7D AF as well to keep the differentiation?

4D name implies (using Canon numbering) better than 5D - perhaps 6D then??


----------



## Ew (May 25, 2012)

*Re: EOS 4D full frame*

definetly 6D over 4D


----------



## niccyboy (May 25, 2012)

*Re: EOS 4D full frame*

Why would the number be lower than the 5Dx

What you are suggesting is:
1dx -> 5dmk3 -> 4d -> 7d/60d etc

Doesn't make sense


----------



## briansquibb (May 25, 2012)

*Re: EOS 4D full frame*



niccyboy said:


> Why would the number be lower than the 5Dx
> 
> What you are suggesting is:
> 1dx -> 5dmk3 -> 4d -> 7d/60d etc
> ...



I think the OP already agreed 6D would make more sense


----------



## pdirestajr (May 25, 2012)

*Re: EOS 4D full frame*

I believe the number "4" is bad and usually skipped in Japanese culture. Not sure of the validity of that statement, I just think I read that in a few places.

Makes sense, Lumix went from the LX3 to the LX5, and the gf3 to the gf5.

So we should probably take the 4 off the table.

Also, like others have said, a lower number indicates higher end model.


----------



## funkboy (May 25, 2012)

*Re: EOS 4D full frame*

In many Asian languages the number "4" sounds very much like the word for "death", and has superstitious connotations in some cultures as a result. Much worse than the number 13 in English, which is merely bad luck.

Obviously this doesn't apply to numbers like 40 or 400 (see EOS 40D & Nikon D400) as the sound apparently isn't the same.

Not that that stopped Nikon from releasing a "D4" of course. But then Canon always skipped around the number 4 (EOS 3, EOS 5, etc) where as Nikon had the F4 as well...


----------



## lottetashilama (May 25, 2012)

*Re: EOS 4D full frame*

From what I read at the bottom of your posts, you guys own a *lot of gear*, but considering the uselessness and waste of time of the discussion you're having, not that many clients to use it for!!!
;/


----------



## Kernuak (May 25, 2012)

*Re: EOS 4D full frame*



pdirestajr said:


> I believe the number "4" is bad and usually skipped in Japanese culture.

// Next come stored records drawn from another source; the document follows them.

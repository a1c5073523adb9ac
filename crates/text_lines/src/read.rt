//! Texts whose grammar goes line by line.
ghost use Rattle.std.specs.Prelude.{◌≡◌, ◌<◌, ◌^◌, ℕ, List, Option, Result, length};
ghost use Rattle.text_lines.specs.Lines.{Line};
ghost use Rattle.text_lines.specs.Readings.{Takes, ReadsText, reading, refused};

use crate::{FeedEnd, FeedLines};
use bone_desk::{Desk, Feed};
use std::alloc::Global;

/// Why a line wasn't taken.
#[derive(Clone, Copy, Debug, PartialEq, Eq)]
pub enum Refusal<F> {
    /// The line is at fault.
    Fault(F),
    /// There was no memory.
    Memory,
}

/// Why a text has no meaning.
#[derive(Clone, Copy, Debug, PartialEq, Eq)]
pub enum TextEnd<F> {
    /// A read failed.
    Fault,
    /// More bytes came than the limit.
    TooLong,
    /// The first line at fault, from 1. A line that is missing has the number behind the last one.
    Bad { line: u64, fault: F },
    /// There was no memory.
    Memory,
}

impl<F> From<FeedEnd> for TextEnd<F> {
    ghost use Rattle.std.specs.Prelude.{◌≡◌};
    ghost use Rattle.text_lines.specs.Readings.{text_end_of};

    ghost from_gives = { λ feed_end end. end ≡ text_end_of feed_end };

    fn from(end: FeedEnd) -> Self {
        match end {
            FeedEnd::Fault => TextEnd::Fault,
            FeedEnd::TooLong => TextEnd::TooLong,
            FeedEnd::Memory => TextEnd::Memory,
        }
    }
}

/// A reader of texts whose grammar goes line by line. Its state is what the lines so far mean.
pub trait LineByLine {
    /// What may be wrong with a line.
    type Fault: Copy;

    /// What the grammar says of a line behind those that were taken.
    ghost step: { Self → Line → Result Self Self.Fault };

    /// What is wrong where the text ends behind the lines that were taken.
    ghost end: { Self → Option Self.Fault };

    /// Takes the next line: its bytes without the line feed, and whether it has one. After a refusal it is
    /// not asked again.
    fn take(&mut self, bytes: &[u8], ended: bool) -> Result<(), Refusal<Self::Fault>>
        ensures { Takes (step self.old (record { bytes = bytes.now; ended = ended })) self.new result };

    /// What is wrong where the text ends here.
    fn finish(&self) -> Option<Self::Fault>
        ensures { result ≡ end self.now };
}

/// Has the reader take all lines of a feed. The feed is read to its end also past a line at fault, so a failed read
/// or a text of more than `limit` bytes come before that line. After want of memory nothing is known of the reader.
pub fn read_lines<D: Desk, R: LineByLine>(
    alloc: Global,
    desk: &mut D,
    feed: Feed,
    limit: u64,
    reader: &mut R,
) -> Result<(), TextEnd<R::Fault>>
    requires { limit < 2 ^ 63 }
    ensures { ReadsText feed limit (D.told desk.old) (D.told desk.new) (reading R.step R.end reader.old) reader.new result }
{
    let mut lines = FeedLines::new(alloc, feed, limit);
    let mut count = 0;
    while lines.advance(desk)? {
        count += 1;
        if let Err(refusal) = reader.take(lines.bytes(), lines.is_ended()) {
            lines.drain(desk)?;
            return Err(refused(count, refusal));
        }
    }
    match reader.finish() {
        None => Ok(()),
        Some(fault) => Err(TextEnd::Bad {
            line: count + 1,
            fault,
        }),
    }
}

/// The answer where this line wasn't taken.
fn refused<F>(line: u64, refusal: Refusal<F>) -> TextEnd<F>
    ensures { result ≡ refused line refusal }
{
    match refusal {
        Refusal::Fault(fault) => TextEnd::Bad { line, fault },
        Refusal::Memory => TextEnd::Memory,
    }
}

Not sure of the validity of that statement, I just think I read that in a few places.
> 
> Makes sense, Lumix went from the LX3 to the LX5, and the gf3 to the gf5.
> 
> ...


The same argument was used to say that Canon wouldn't release a 1D Mk4...


----------



## pdirestajr (May 25, 2012)

*Re: EOS 4D full frame*



lottetashilama said:


> From what I read at the bottom of your posts, you guys own a *lot of gear*, but considering the uselessness and waste of time of the discussion you're having, not that many clients to use it for!!!
> ;/



Smite.

Wouldn't your post be considered even more of a waste of time then? And you know time is money...


----------



## briansquibb (May 25, 2012)

*Re: EOS 4D full frame*



lottetashilama said:


> From what I read at the bottom of your posts, you guys own a *lot of gear*, but considering the uselessness and waste of time of the discussion you're having, not that many clients to use it for!!!
> ;/



Clients?? why would an amateur like me have clients? Anyway from the line at the bottom of my posts you have little idea about what I own apart from the 3 cameras I have disclosed.

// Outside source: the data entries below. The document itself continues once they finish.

//! The memory of a reader of lines.
ghost use Rattle.std.specs.Prelude.{◌≡◌, ◌≤◌, ◌<◌, ◌+◌, ◌-◌, ℕ, List, [], ◌++◌, length, take, drop, vec_len};
ghost use Rattle.std.specs.Prelude.{IfOk, OnOk, OnErr};
ghost use Rattle.bone_desk.specs.Told.{Rose, ReadsOnly, SameBytes, AtEnd};
ghost use Rattle.text_lines.specs.Feeds.{Came};

use bone_desk::{Act, Desk, Failed, Feed};
use cnf_core::NoMemory;
use std::alloc::Global;
use std::marker::Model;

/// How many bytes there is room for at first.
const PIECE: usize = 65_536;

/// The line that was handed out last, and behind it the bytes that were read ahead.
#[derive(Drop)]
pub struct Window {
    bytes: Vec<u8>,
    /// Where the line begins.
    start: usize,
    /// Behind its last byte.
    end: usize,
    /// Where the bytes ahead begin.
    next: usize,
    /// Behind the last of them.
    filled: usize,
}

impl Model for Window {
    ghost use Rattle.std.specs.Prelude.{◌≤◌, ◌-◌, take, drop, vec_len};
    ghost use Rattle.text_lines.specs.Steps.Window.{Held};

    ghost Value = { Held };

    ghost view = { λ w. record {
      line = take (w.end - w.start) (drop w.start w.bytes.items);
      ahead = take (w.filled - w.next) (drop w.next w.bytes.items);
      free = vec_len w.bytes - w.filled;
    } };

    ghost invariant = { λ w. (w.start ≤ w.end) × (w.end ≤ w.next) × (w.next ≤ w.filled) × (w.filled ≤ vec_len w.bytes) };
}

impl Window {
    /// A window with no bytes, which takes no memory.
    pub fn new(alloc: Global) -> Window
        ensures { result ≡ record { line = []; ahead = []; free = 0 } }
    {
        Window {
            bytes: Vec::new(alloc),
            start: 0,
            end: 0,
            next: 0,
            filled: 0,
        }
    }

    /// The line that was handed out last.
    pub fn line(&self) -> &[u8]
        ensures { result.now ≡ self.now.line }
    {
        &self.bytes[self.start..self.end]
    }

    /// The bytes that were read and stand behind it.
    pub fn ahead(&self) -> &[u8]
        ensures { result.now ≡ self.now.ahead }
    {
        &self.bytes[self.next..self.filled]
    }

    /// Makes the first bytes ahead the line, and skips as many behind it.
    pub fn cut(&mut self, len: usize, skipped: usize)
        requires { len + skipped ≤ length self.old.ahead }
        ensures line { self.new.line ≡ take len self.old.ahead }
        ensures ahead { self.new.ahead ≡ drop (len + skipped) self.old.ahead }
    {
        self.start = self.next;
        self.end = self.start + len;
        self.next = self.end + skipped;
    }

    /// Makes room behind the bytes ahead. They go to the front, over the line and all before it; where they fill
    /// the window, it grows to twice its size.
    pub fn make_room(&mut self) -> Result<(), NoMemory>
        ensures ahead { self.new.ahead ≡ self.old.ahead }
        ensures room { OnOk result (0 < self.new.free) }
    {
        if self.next > 0 {
            self.bytes.copy_within(self.next..self.filled, 0);
            self.filled -= self.next;
            self.start = 0;
            self.end = 0;
            self.next = 0;
        }
        if self.filled == self.bytes.len() {
            grow(&mut self.bytes)?;
        }
        Ok(())
    }

    /// Reads some bytes into the room behind those ahead, and answers how many; 0 is the end of the feed.
    pub fn fill<D: Desk>(&mut self, desk: &mut D, feed: Feed) -> Result<usize, Failed>
        requires { 0 < self.old.free }
        ensures came { IfOk result (λ k. (bytes : List ℕ) × Came feed (D.told desk.old) (D.told desk.new) bytes
            × (length bytes ≡ k) × (self.new.ahead ≡ self.old.ahead ++ bytes)) }
        ensures end { IfOk result (λ k. k ≡ 0 → AtEnd feed (D.told desk.new)) }
        ensures only { OnErr result (ReadsOnly feed (D.told desk.old) (D.told desk.new)) }
        ensures err { OnErr result (SameBytes (D.told desk.old) (D.told desk.new)) }
        ensures cause { OnErr result (Rose (Act.Read feed) (D.told desk.old) (D.told desk.new)) }
    {
        let count = read_behind(desk, feed, &mut self.bytes, self.filled)?;
        self.filled += count;
        Ok(count)
    }
}

/// Reads some bytes of the feed to this place and on, and answers how many; 0 is the end of the feed.
fn read_behind<D: Desk>(
    desk: &mut D,
    feed: Feed,
    bytes: &mut [u8],
    place: usize,
) -> Result<usize, Failed>
    requires { place < length bytes.old }
    ensures size { length bytes.new ≡ length bytes.old }
    ensures front { take place bytes.new ≡ take place bytes.old }
    ensures count { IfOk result (λ k. place + k ≤ length bytes.old) }
    ensures came { IfOk result (λ k. Came feed (D.told desk.old) (D.told desk.new) (take k (drop place bytes.new))) }
    ensures end { IfOk result (λ k. k ≡ 0 → AtEnd feed (D.told desk.new)) }
    ensures only { OnErr result (ReadsOnly feed (D.told desk.old) (D.told desk.new)) }
    ensures err { OnErr result (SameBytes (D.told desk.old) (D.told desk.new)) }
    ensures cause { OnErr result (Rose (Act.Read feed) (D.told desk.old) (D.told desk.new)) }
{
    desk.read(feed, &mut bytes[place..])
}

/// Twice as many bytes, of which the first are as before.
fn grow(bytes: &mut Vec<u8>) -> Result<(), NoMemory>
    ensures front { take (vec_len bytes.old) bytes.new.items ≡ bytes.old.items }
    ensures more { OnOk result (vec_len bytes.old < vec_len bytes.new) }
    ensures err { vec_len bytes.old ≤ vec_len bytes.new }
{
    let size = bytes.len().saturating_mul(2).max(PIECE);
    bytes.resize(size, 0)?;
    Ok(())
}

Personally I am interested in anything that Canon offer - even the rumoured 650D because it has full time video AF. A cheap, updated full frame might be of interest - and that is for me to decide.


----------



## KeithR (May 25, 2012)

*Re: EOS 4D full frame*



lottetashilama said:


> From what I read at the bottom of your posts, you guys own a *lot of gear*, but considering the uselessness and waste of time of the discussion you're having, not that many clients to use it for!!!
> ;/


 Some of the least talented, most ignorant and uninformed photographers I know have clients - I wouldn't trust their opinion as far as I could throw them.


----------



## FyreStorm (May 25, 2012)

*Re: EOS 4D full frame*

Anyone else think that they are over saturating the market?

Rebel = Beginner 
60D = Advanced Beginner
7D = Enthusiast
5D3 = Pro
1DX = Advanced Pro

I don't think we need to plug any more holes...just my 2 cents...


----------



## cliffwang (May 25, 2012)

*Re: EOS 4D full frame*



FyreStorm said:


> Anyone else think that they are over saturating the market?
> 
> Rebel = Beginner
> 60D = Advanced Beginner
> ...


I think there is still a room for entry level FF. Now 5D2 should be defined for this market. 6D is more making sense for me.


----------



## Marsu42 (May 25, 2012)

*Re: EOS 4D full frame*



FyreStorm said:


> I don't think we need to plug any more holes...just my 2 cents...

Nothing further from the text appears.